Dynamische Modellierung und Regelung des Auftriebs von realen Hochauftriebskonfigurationen mittels Strömungsbeeinflussung auf der Klappe

Active flow control by means of blowing valves is an established method to beneficially influence air flows. Based on numerous investigations of the effect of blowing at trailing edge flaps, investigations of flight-relevant configurations become more interesting. The aim of these is to improve the lift in certain flight situations, with the vision of a lighter and less maintenance-intensive wing. This work investigates the closed-loop control of lift at these configurations. This could help maintaining a desired level of lift or even set an -- within physical boundaries -- arbitrary level of lift.
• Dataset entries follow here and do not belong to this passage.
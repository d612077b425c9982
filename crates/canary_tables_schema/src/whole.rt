//! Whether each row of tally was written with all its columns.
ghost use Rattle.std.specs.Prelude.{◌≡◌, ◌↔◌, [], IsTrue, IfOk, IfErr, OnOk, OnErr};
ghost use Rattle.sqlite_trees.specs.View.{IsClean, IsFailure, IsQuiet};
ghost use Rattle.sqlite_exec.specs.Calls.{OnlyReads};
ghost use Rattle.canary_tables_schema.specs.Formed.{AreWhole};

use sqlite_trees::error::StoreError;
use sqlite_trees::store::{Direction, Store};
use sqlite_value::row::Row;
use std::alloc::Global;

// Its rowid, and a value for each column.
const CELLS: usize = 11;

// Reads one row after another into the one that is given.
fn read_tallies<S: Store>(store: &mut S, tally: u32, row: &mut Row) -> Result<bool, StoreError>
    ensures ok { IfOk result (λ b. IsClean (S.Store.view store.new)
        → (IsTrue b ↔ AreWhole tally (S.Store.view store.old).trees)) }
    ensures same { OnOk result (IsClean (S.Store.view store.new)
        → OnlyReads (S.Store.view store.old) (S.Store.view store.new)) }
    ensures err { IsClean (S.Store.view store.new)
        → IfErr result (IsFailure (S.Store.view store.old) (S.Store.view store.new)) }
    ensures quiet { IsQuiet S.Store.view S.Store.faults S.Store.recovers S.Store.is_shielded
        store.old store.new }
{
    row.clear();
    store.seek(0, tally, row, Direction::Forward)?;
    'rows: for _ in 0..u64::MAX {
        if !store.next(0, row)? {
            return Ok(true);
        }
        if row.len() != CELLS {
            return Ok(false);
        }
    }
    // No store has this many rows.
    Err(StoreError::OutOfMemory)
}

// Whether each row of tally, which has this tree, has all its cells, which a query does not show.
// If the store fails, it goes back to what was committed.
pub(crate) fn has_whole_tallies<S: Store>(
    alloc: Global,
    store: &mut S,
    tally: u32,
) -> Result<bool, StoreError>
    ensures ok { IfOk result (λ b. IsClean (S.Store.view store.new)
        → (IsTrue b ↔ AreWhole tally (S.Store.view store.old).trees)) }
    ensures same { OnOk result (IsClean (S.Store.view store.new)
        → OnlyReads (S.Store.view store.old) (S.Store.view store.new)) }
    ensures undone { OnErr result (IsClean (S.Store.view store.new)
        → IsTrue (S.Store.view store.new).is_open
        → (S.Store.view store.new).trees ≡ (S.Store.view store.old).committed) }
    ensures quiet { IsQuiet S.Store.view S.Store.faults S.Store.recovers S.Store.is_shielded
        store.old store.new }
{
    let mut row = Row::new(alloc);
    let is_whole = read_tallies(store, tally, &mut row);
    if is_whole.is_err() {
        store.rollback();
    }
    is_whole
}
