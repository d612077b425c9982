//! Which schema a database has.
ghost use Rattle.std.specs.Prelude.{◌≡◌, ◌↔◌, ◌⊎◌, IsTrue, ◌++◌, true, false};
ghost use Rattle.canary_tables_schema.specs.Layout.{dense, gapped};
ghost use Rattle.canary_tables_schema.specs.Schema.{no_schema, key_indexes, added_indexes, schema_of};
ghost use Rattle.canary_tables_schema.specs.Cells.{tally_tree};
ghost use Rattle.canary_tables_schema.specs.Formed.{IsDeskSchema};

use crate::columns::{IndexLayout, are_indexes};
use crate::numbers::{Numbers, dense, gapped};
use crate::tables::are_tables;
use sqlite_schema::schema::{Index, Schema};

/// Whether the schema has no table, no index and no view.
pub fn is_empty(schema: &Schema) -> bool
    ensures { IsTrue result ↔ schema.now ≡ no_schema }
{
    schema.tables.is_empty() && schema.indexes.is_empty() && schema.views.is_empty()
}

// The indexes that SQLite makes for the keys.
fn are_key_indexes(indexes: &[Index], numbers: &Numbers) -> bool
    ensures { IsTrue result ↔ indexes.now ≡ key_indexes numbers.now }
{
    are_indexes(
        indexes,
        &[
            IndexLayout::Key(b"sqlite_autoindex_caller_1", 1, &[1]),
            IndexLayout::Key(b"sqlite_autoindex_kept_1", 3, &[1, 2]),
            IndexLayout::Key(b"sqlite_autoindex_service_1", numbers.service, &[1]),
            IndexLayout::Key(b"sqlite_autoindex_run_1", numbers.run, &[1, 2]),
            IndexLayout::Key(
                b"sqlite_autoindex_measurement_1",
                numbers.measurement,
                &[2, 3, 4, 5],
            ),
            IndexLayout::Key(b"sqlite_autoindex_revision_1", numbers.revision, &[1, 2]),
            IndexLayout::Key(b"sqlite_autoindex_binding_1", numbers.binding, &[1, 2, 3]),
            IndexLayout::Key(b"sqlite_autoindex_tally_1", numbers.tally, &[1, 2, 3]),
        ],
    )
}

// The three that are made after the tables.
fn are_added_indexes(indexes: &[Index], numbers: &Numbers) -> bool
    ensures { IsTrue result ↔ indexes.now ≡ added_indexes numbers.now }
{
    let first = numbers.indexes as u64;
    are_indexes(
        indexes,
        &[
            IndexLayout::Order(b"run_closed", first, numbers.run, &[1, 5]),
            IndexLayout::Order(b"measurement_service", first + 1, numbers.measurement, &[2]),
            IndexLayout::Order(b"history_service", first + 2, numbers.history, &[2]),
        ],
    )
}

// All of them.
fn are_all_indexes(indexes: &[Index], numbers: &Numbers) -> bool
    ensures { IsTrue result
        ↔ indexes.now ≡ key_indexes numbers.now ++ added_indexes numbers.now }
{
    if indexes.len() != 11 {
        return false;
    }
    are_key_indexes(&indexes[..8], numbers) && are_added_indexes(&indexes[8..], numbers)
}

// All tables and all indexes under these numbers, and no view.
fn is_numbered(schema: &Schema, numbers: &Numbers) -> bool
    ensures { IsTrue result ↔ schema.now ≡ schema_of numbers.now }
{
    are_tables(schema.tables.as_slice(), numbers)
        && are_all_indexes(schema.indexes.as_slice(), numbers)
        && schema.views.is_empty()
}

// The schema as `create` makes it.
fn is_made(schema: &Schema) -> bool
    ensures { IsTrue result ↔ schema.now ≡ schema_of (dense true) }
{
    is_numbered(schema, &dense(true))
}

// The schema as it comes of the first one.
fn is_moved(schema: &Schema) -> bool
    ensures { IsTrue result ↔ schema.now ≡ schema_of gapped }
{
    is_numbered(schema, &gapped())
}

// The same after VACUUM.
fn is_packed(schema: &Schema) -> bool
    ensures { IsTrue result ↔ schema.now ≡ schema_of (dense false) }
{
    is_numbered(schema, &dense(false))
}

// Either of these two.
fn is_of_first(schema: &Schema) -> bool
    ensures { IsTrue result
        ↔ (schema.now ≡ schema_of gapped) ⊎ (schema.now ≡ schema_of (dense false)) }
{
    is_moved(schema) || is_packed(schema)
}

// In one of the layouts.
fn is_in_layout(schema: &Schema) -> bool
    ensures { IsTrue result ↔ (schema.now ≡ schema_of (dense true))
        ⊎ ((schema.now ≡ schema_of gapped) ⊎ (schema.now ≡ schema_of (dense false))) }
{
    is_made(schema) || is_of_first(schema)
}

/// Whether the schema is that of a desk: its ten tables, the table in which SQLite counts places,
/// its three indexes and those of the keys, and no more. Their trees have the numbers that `create`
/// gives them, or those of a file of the first schema whose tables became these, or of such a file
/// after VACUUM.
pub fn is_desk(schema: &Schema) -> bool
    ensures { IsTrue result ↔ IsDeskSchema schema.now }
{
    is_in_layout(schema)
}

// The tree of the eleventh table, which is a desk's tally.
pub(crate) fn tally_tree(schema: &Schema) -> u32
    ensures { result ≡ tally_tree schema.now }
{
    match schema.tables.as_slice().get(10) {
        Some(table) => table.tree,
        None => 0,
    }
}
Three experiments with rising complexity are reported here: Beginning with a wind-tunnel model with roughly two-dimensional flow and a single-slotted flap, followed by a model of a real wing with single-slotted flap and eventually a test-plane, the dynamics of separation and reattachment were investigated and it is shown how this affects control concepts. The models to describe these processes are of low order and higher order models did not yield any benefits control-wise. The usability of linear robust controllers is demonstrated and topics of sensors and choice of control variables are discussed. An adaptive control algorithm based on an ARMA-model with Markov-parameters, will be tried and evaluated in a flight test. Finally, based on an analysis of the experiments outlined above, an easy-to-implement controller synthesis algorithm will be given and tested. This will enable users with only little knowledge in the field of control theory to synthesise a working controller.